• **Problem statement**: Where does the string "missing" appear in the records? Copy every line that contains it.

• **Input**:
%%
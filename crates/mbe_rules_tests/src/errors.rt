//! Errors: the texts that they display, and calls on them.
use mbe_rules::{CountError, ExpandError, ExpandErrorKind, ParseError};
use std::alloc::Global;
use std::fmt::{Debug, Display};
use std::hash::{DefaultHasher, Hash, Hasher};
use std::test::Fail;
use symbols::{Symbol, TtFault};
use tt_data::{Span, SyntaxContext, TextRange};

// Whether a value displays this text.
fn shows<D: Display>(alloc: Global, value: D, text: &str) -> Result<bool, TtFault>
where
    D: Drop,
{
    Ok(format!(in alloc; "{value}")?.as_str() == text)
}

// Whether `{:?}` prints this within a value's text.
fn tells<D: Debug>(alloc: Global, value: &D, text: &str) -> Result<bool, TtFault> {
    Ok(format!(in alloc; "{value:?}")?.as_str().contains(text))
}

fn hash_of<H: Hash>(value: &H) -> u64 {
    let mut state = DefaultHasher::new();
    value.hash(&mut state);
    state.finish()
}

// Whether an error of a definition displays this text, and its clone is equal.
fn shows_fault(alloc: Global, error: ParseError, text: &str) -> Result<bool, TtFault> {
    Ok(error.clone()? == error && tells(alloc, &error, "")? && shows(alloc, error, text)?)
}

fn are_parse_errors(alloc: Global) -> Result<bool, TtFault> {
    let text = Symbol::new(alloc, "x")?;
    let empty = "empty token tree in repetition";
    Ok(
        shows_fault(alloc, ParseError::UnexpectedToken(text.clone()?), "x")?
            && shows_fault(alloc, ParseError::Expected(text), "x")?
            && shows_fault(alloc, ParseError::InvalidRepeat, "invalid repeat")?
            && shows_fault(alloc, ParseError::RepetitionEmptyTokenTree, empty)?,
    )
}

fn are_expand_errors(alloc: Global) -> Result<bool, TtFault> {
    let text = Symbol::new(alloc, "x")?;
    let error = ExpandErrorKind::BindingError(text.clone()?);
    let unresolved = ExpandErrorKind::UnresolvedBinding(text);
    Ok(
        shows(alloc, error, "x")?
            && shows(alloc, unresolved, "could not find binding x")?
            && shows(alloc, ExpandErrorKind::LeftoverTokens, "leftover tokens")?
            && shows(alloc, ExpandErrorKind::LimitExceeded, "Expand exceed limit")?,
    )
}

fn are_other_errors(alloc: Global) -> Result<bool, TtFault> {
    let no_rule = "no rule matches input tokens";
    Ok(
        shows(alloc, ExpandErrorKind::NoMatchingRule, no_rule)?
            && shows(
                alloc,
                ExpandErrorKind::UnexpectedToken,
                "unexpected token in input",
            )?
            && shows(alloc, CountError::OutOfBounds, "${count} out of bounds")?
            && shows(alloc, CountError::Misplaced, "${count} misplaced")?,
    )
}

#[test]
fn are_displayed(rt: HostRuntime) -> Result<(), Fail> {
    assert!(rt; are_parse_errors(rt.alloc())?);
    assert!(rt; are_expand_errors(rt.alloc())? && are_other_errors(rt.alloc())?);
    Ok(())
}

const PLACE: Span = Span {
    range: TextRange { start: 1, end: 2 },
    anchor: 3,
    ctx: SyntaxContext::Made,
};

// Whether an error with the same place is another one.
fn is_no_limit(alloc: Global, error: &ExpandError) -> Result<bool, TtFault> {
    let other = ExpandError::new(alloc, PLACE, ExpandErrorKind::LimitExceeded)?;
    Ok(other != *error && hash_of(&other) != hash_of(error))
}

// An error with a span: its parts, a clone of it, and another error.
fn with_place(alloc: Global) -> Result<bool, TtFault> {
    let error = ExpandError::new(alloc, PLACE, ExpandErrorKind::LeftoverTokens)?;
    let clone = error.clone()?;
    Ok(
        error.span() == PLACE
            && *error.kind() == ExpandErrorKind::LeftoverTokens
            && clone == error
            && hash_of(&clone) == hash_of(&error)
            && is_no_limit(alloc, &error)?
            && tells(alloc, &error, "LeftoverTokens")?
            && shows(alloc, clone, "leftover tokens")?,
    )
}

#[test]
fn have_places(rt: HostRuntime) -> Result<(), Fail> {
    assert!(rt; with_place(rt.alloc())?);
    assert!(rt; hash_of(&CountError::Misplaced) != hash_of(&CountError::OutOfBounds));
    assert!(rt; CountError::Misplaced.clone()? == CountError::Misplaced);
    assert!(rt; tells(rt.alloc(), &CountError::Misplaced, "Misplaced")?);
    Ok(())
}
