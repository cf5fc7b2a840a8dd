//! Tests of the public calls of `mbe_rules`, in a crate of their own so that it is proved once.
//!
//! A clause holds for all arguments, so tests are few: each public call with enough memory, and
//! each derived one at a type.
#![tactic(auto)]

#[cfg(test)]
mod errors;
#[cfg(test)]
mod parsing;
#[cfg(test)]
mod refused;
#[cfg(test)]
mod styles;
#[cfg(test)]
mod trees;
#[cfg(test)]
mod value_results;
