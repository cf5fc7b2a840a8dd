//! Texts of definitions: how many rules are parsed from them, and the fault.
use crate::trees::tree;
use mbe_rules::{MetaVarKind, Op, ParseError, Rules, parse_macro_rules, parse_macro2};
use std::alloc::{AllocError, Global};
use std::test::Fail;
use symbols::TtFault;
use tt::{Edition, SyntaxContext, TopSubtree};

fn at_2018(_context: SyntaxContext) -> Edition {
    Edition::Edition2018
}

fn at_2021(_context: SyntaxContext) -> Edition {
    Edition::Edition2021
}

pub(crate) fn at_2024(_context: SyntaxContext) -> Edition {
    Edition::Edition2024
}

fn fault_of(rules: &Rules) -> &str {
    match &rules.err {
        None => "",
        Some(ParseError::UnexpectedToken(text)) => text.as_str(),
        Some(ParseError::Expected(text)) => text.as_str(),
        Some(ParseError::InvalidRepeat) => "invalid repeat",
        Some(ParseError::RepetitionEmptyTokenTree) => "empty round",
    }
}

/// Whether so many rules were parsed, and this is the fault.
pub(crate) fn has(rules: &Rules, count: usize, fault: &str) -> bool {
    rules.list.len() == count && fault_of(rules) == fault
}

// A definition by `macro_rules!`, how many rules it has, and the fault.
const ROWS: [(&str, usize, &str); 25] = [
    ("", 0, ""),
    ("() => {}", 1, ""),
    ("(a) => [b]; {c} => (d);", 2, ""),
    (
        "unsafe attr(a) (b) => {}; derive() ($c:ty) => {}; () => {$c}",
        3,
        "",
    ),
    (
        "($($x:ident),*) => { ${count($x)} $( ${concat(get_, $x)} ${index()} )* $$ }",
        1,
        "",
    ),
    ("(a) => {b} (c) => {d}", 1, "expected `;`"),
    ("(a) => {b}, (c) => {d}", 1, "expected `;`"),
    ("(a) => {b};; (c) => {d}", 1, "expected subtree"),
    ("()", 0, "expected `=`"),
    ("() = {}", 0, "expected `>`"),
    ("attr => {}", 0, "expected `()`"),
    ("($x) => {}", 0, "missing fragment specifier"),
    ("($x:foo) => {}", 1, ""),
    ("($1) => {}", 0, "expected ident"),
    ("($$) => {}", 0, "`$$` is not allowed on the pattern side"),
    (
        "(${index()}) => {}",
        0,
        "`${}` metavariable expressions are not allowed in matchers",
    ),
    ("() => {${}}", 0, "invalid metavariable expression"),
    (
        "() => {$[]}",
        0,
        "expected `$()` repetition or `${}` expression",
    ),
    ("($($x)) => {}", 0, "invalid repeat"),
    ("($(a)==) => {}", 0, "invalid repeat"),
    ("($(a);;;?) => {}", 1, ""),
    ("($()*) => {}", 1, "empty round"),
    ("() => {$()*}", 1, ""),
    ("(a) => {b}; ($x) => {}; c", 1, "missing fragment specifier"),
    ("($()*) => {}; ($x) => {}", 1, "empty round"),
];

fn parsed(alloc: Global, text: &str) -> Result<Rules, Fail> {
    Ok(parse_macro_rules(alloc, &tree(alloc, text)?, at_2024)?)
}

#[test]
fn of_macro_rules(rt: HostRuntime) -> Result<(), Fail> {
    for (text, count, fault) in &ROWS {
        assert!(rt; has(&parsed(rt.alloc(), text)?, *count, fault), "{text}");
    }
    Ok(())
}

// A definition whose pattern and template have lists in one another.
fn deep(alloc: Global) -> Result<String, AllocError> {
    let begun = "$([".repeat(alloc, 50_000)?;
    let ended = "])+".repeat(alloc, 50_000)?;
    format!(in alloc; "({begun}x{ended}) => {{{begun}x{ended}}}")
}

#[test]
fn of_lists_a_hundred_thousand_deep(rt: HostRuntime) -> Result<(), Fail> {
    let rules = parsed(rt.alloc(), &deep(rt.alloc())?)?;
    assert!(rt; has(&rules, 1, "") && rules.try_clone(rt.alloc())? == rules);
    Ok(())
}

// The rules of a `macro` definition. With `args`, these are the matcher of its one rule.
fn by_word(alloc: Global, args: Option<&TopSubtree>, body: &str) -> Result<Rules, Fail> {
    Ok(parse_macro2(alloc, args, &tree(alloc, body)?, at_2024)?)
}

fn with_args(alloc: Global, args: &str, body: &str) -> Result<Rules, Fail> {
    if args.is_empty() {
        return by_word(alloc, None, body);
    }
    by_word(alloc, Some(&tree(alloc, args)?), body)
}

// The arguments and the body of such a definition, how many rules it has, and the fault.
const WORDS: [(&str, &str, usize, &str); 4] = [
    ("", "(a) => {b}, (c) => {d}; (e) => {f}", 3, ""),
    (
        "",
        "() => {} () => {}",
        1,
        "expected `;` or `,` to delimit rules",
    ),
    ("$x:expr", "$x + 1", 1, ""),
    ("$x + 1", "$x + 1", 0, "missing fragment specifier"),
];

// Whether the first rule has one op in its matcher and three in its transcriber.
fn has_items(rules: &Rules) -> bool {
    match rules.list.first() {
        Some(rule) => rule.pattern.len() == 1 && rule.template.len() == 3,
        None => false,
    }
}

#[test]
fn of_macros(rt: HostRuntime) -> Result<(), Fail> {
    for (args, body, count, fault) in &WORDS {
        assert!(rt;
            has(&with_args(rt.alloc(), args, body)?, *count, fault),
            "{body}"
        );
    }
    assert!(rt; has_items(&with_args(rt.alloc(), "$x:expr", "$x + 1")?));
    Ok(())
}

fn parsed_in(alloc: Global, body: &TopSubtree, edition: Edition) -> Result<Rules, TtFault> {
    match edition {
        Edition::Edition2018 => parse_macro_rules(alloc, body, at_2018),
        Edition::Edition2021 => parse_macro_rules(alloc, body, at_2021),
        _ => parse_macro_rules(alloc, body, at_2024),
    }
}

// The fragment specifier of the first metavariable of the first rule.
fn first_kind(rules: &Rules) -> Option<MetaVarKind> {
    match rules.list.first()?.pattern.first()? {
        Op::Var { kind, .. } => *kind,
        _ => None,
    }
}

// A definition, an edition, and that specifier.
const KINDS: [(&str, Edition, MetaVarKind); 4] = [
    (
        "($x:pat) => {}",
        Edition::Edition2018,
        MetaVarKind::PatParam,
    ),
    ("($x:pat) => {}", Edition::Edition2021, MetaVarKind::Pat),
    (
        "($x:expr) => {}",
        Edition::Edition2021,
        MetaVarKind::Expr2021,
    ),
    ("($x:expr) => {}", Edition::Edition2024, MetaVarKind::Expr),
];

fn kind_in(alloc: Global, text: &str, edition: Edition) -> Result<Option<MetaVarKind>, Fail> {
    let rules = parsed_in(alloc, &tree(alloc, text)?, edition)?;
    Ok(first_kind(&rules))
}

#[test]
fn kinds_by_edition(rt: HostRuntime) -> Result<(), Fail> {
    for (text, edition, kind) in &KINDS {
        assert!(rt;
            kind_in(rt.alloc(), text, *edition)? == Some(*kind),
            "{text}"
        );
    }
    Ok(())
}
%%
• **Task answer**:
    ("($x) => {}", 0, "missing fragment specifier"),
    ("(a) => {b}; ($x) => {}; c", 1, "missing fragment specifier"),
    ("$x + 1", "$x + 1", 0, "missing fragment specifier"),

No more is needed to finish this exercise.